Sunday, 16 January 2011

Fighting talk at the Ladies' Library

Some time ago I wrote a book about how a World War changed the lives of people in a small English town in Northamptonshire. It revived painful memories for some of those whom I interviewed, even though the passing of a whole half century had helped to heal the wounds.

How much more difficult it must have been for an American author engaged in a similar task, but faced with people affected by today's wars in Iraq and Afghanistan. Wars in which, as the author says, the public is "neither engaged in the issues of these two wars nor familiar with the troops’ experiences."

That's the challenge which Brewster people will learn about when they hear author Larry Minear in a panel discussion of his recently published book Through Veterans’ Eyes: The Iraq and Afghanistan Experience.

As Director of the Humanitarianism and War Project at Brown and then at Tufts universities, Cape Cod resident Larry Minear has worked for the past 20 years as a researcher on international and internal armed conflicts.

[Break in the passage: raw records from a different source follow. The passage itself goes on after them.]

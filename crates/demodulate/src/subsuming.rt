// Clauses that are subsumed by those that may be used.

ghost use Rattle.std.specs.Prelude.{IfOk};
ghost use Rattle.fol_base.specs.Literal.{clause_of};
ghost use Rattle.bank_clause.specs.Clause.{AreMembersOf};
ghost use Rattle.rewriting.specs.Units.{AreClausesOf};
ghost use Rattle.demodulate.specs.Subsuming.{IsSubsumedBySome};

use crate::simplifiers::Simplifiers;
use fol_base::Clause;
use plain_types::Mem;
use std::alloc::Global;
use subsume::forward_longer;

/// The number of a clause that subsumes another one, but for the one that is left out. None exactly where no other one does. Those with one
/// literal are looked up by its sides, the rest by their features.
pub fn subsumer(alloc: Global, by: &Simplifiers<'_>, clause: &Clause) -> Mem<Option<u32>>
    requires units { AreClausesOf by.now.bank.now by.now.units.now }
    requires members { AreMembersOf by.now.bank.now by.now.members.now }
    ensures { IfOk result (IsSubsumedBySome by.now.equations.now by.now.units.now by.now.members.now by.now.left_out (clause_of clause.now)) }
{
    let unit = by.units.subsumer(alloc, by.bank, by.left_out, clause)?;
    if let Some(number) = unit {
        return Ok(Some(number));
    }
    let longer = forward_longer(alloc, by.bank, by.members, clause, by.left_out)?;
    Ok(longer)
}
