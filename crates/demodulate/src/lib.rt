//! Simplification of one clause by others: it is reduced until no rule applies, and dropped if it is a tautology or subsumed.
//!
//! This is the one place where the simplifying rules meet (Bachmair and Ganzinger 1994). The rules come from the crates below, and each
//! replaces the clause by a smaller one that follows from it and the clauses used:
//!
//! - delete a trivial disequation `t != t`, and merge two equal literals (`unit_cutting`);
//! - rewrite a term by a unit equation (`rewriting` finds the redex; the step is made here);
//! - cut a literal by a unit that contradicts it (`unit_cutting`; E calls it simplify-reflect).
//!
//! **One step.** `stepping.rt` tries the rules in that order, cheapest first, and makes the first that applies. For a rewrite, `line.rt` builds
//! the kernel's line: it is a superposition whose match binds only the unit, with the variables of the result numbered by their first
//! occurrence. `step.rt` appends the line to the reduced clause.
//!
//! **The loop.** `reducing.rt` repeats the step until none applies, or until the clause is a tautology. `normal.rt` does the same with rewriting
//! alone (`normal_form`). `simplifying.rt` is the whole: tautology, loop, then a search for a subsuming clause. Its answer is one of
//! three: a tautology, subsumed by the clause with this number, or reduced. The search (`subsuming.rt`) asks the index of units first, which
//! mostly decides, and then the rest by their features. `simplifiers.rt` has the borrowed view of the sets of known clauses: unit equations,
//! units of either sign, and all members. `left_out` names one clause that is not used, so that a known clause can be simplified again by the
//! others (backward simplification).
//!
//! **What is proved.** Where `reduce` answers `Irreducible`, no reducing step of the definition applies to the result by any clause that may be
//! used; so the tests of each rule are complete, not only sound. Where `simplify` answers `Subsumed`, the clause of that number subsumes the
//! reduced clause, and where it answers `Reduced`, none does. All along the record keeps the invariant of `reduced_clause`.
//!
//! **Termination.** The loop has no bound on its steps. The law `rewriting_ends` gives its measure: the rank of a clause counts, for each
//! side, the smaller ground terms of bounded size in the term order (`specs/Rank.antt`). It falls with each rewrite and is kept when variables
//! are numbered anew; the other rules shorten the clause. The measure exists in the proof alone.
//!
//! **Hints.** The order of the rules, and which of several redexes or units is taken, decide the shape of the result but no clause of a
//! contract.
//!
//! **Cost.** Each step starts from the first rule again, so a clause with n rewrites is searched n + 1 times; but what no unit rewrites is
//! remembered from search to search, and from clause to clause while the same clauses may be used (`memory.rt`). A step costs the search, one
//! new clause and one line. After out of memory the clause is reduced by fewer steps, and its lines still lead to it.
#![tactic(auto)]

mod line;
mod memory;
mod normal;
mod reducing;
mod simplifiers;
mod simplifying;
mod step;
mod stepping;
mod subsuming;

pub use memory::Memory;
pub use normal::normal_form;
pub use reducing::{Reduction, reduce};
pub use simplifiers::Simplifiers;
pub use simplifying::{Simplified, simplify};
pub use step::rewrite_once;
pub use subsuming::subsumer;

pub mod laws;
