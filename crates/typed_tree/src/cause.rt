// Why a typed problem isn't read, and where.

use plain_types::Text;
use tptp_reader::ReadCause;

/// Why a typed problem isn't read.
#[derive(Clone, Copy, Debug, PartialEq, Eq)]
pub enum TypedCause {
    /// A cause that untyped problems have too, by the typed grammar.
    Read(ReadCause),
    /// The `!` of a polymorphic type, which is left out by name.
    Polymorphic,
    /// A sort word that no declaration makes a sort.
    UnknownSort,
    /// The word of a declaration that gives a declared word another type.
    TwoTypes,
    /// The first token of an argument, or of an equation's right side, whose sort isn't the one that is wanted.
    SortClash,
    /// The first word of an untyped formula.
    Mixed,
}

/// A typed problem isn't read: for out of memory, or for a cause, with the name of a file and the place in it, in bytes from 0.
#[derive(Drop)]
pub enum TypedFault {
    NoMemory,
    At(TypedCause, Text, u32),
}
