// Normal forms: a clause rewritten until no unit rewrites it.

ghost use Rattle.std.specs.Prelude.{◌≡◌, ◌≤◌, IfOk, IsTrue};
ghost use Rattle.fol_base.specs.Clause.{clause_size};
ghost use Rattle.fol_base.specs.Canonical.{IsCanonical};
ghost use Rattle.fol_base.specs.Literal.{clause_of};
ghost use Rattle.fol_base.specs.declared.limits.TheConstants.{MOST_SYMBOLS};
ghost use Rattle.kernel_steps.specs.Names.{are_sorted};
ghost use Rattle.rewriting.specs.Units.{AreClausesOf};
ghost use Rattle.demodulate.specs.Normal.{IsNormalForm, kept};

use crate::step::rewrite_once;
use fol_base::{Clause, asserted_numbers};
use kernel_steps::Reduced;
use plain_types::Mem;
use reduced_clause::laws::moves_extend_reductions;
use reduced_clause::unreduced_copy;
use rewriting::{NormalTerms, Rewriters, Units};
use std::alloc::Global;
use term_bank::Bank;

/// The normal form of a clause, with the lines that lead to it and the units that they use. No unit of the set rewrites it, but for the
/// one that is left out, as that of the clause itself.
pub fn normal_form(
    alloc: Global,
    bank: &Bank,
    clause: &Clause,
    units: &Units,
    left_out: Option<u32>,
) -> Mem<Reduced>
    requires units { AreClausesOf bank.now units.now }
    requires canonical { IsCanonical (clause_of clause.now) }
    requires names { IsTrue (are_sorted clause.now.names) }
    requires size { clause_size (clause_of clause.now) ≤ MOST_SYMBOLS }
    ensures { IfOk result (IsNormalForm (kept units.now left_out) (clause_of clause.now)) }
{
    let asserted = asserted_numbers(alloc, clause.names.as_slice())?;
    let by = Rewriters {
        units,
        bank,
        asserted: asserted.as_slice(),
        left_out,
    };
    moves_extend_reductions();
    let mut normal = NormalTerms::new(alloc);
    let mut made = unreduced_copy(alloc, clause)?;
    'steps: loop {
        let stepped = rewrite_once(alloc, &by, &mut made, &mut normal)?;
        if !stepped {
            return Ok(made);
        }
    }
}
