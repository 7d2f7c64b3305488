// The clauses by which others are simplified.

use rewriting::Units;
use subsume::Subsumers;
use term_bank::Bank;
use unit_cutting::UnitIndex;

/// The clauses that may be used, in the sets in which they are looked for.
#[derive(Clone, Copy)]
pub struct Simplifiers<'a> {
    pub bank: &'a Bank,
    /// Those that are one equation, which rewrite.
    pub equations: &'a Units,
    /// Those with one literal, of either sign, which cut and subsume.
    pub units: &'a UnitIndex,
    /// All of them, among which the others that subsume are looked for.
    pub members: &'a Subsumers,
    /// The number of a clause that isn't used, so that none simplifies itself.
    pub left_out: Option<u32>,
}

His interviews with aid workers, soldiers, and local populations in Africa, the Balkans, the Middle East, Latin America and the Caribbean have resulted in the publication of more than 14 books. For more information click on

Joining Mr Minear on the panel to explore the various impacts of the wars will be a veteran from the area who has been deployed to these conflicts and Barry Donahue, staff photographer of the Cape Codder and father of a Marine Lance Corporal who completed two deployments to Afghanistan.

The discussion which is at Brewster Ladies’ Library on Tuesday 18 January 2011 from 7.00 - 8.00 pm is entitled 'The Wars in Afghanistan and Iraq: Reflections by Veterans and Their Families.' It's part of a 'Beyond our Borders' programme of discussions presented by the Library, and admission is free.

A painful subject for discussion.

An appropriate time - it's ten years since the event which so many ex-servicemen blame for their mysterious Gulf War syndrome.

And a challenge for the organisers to wrap up neatly such a controversial subject in the space of an hour.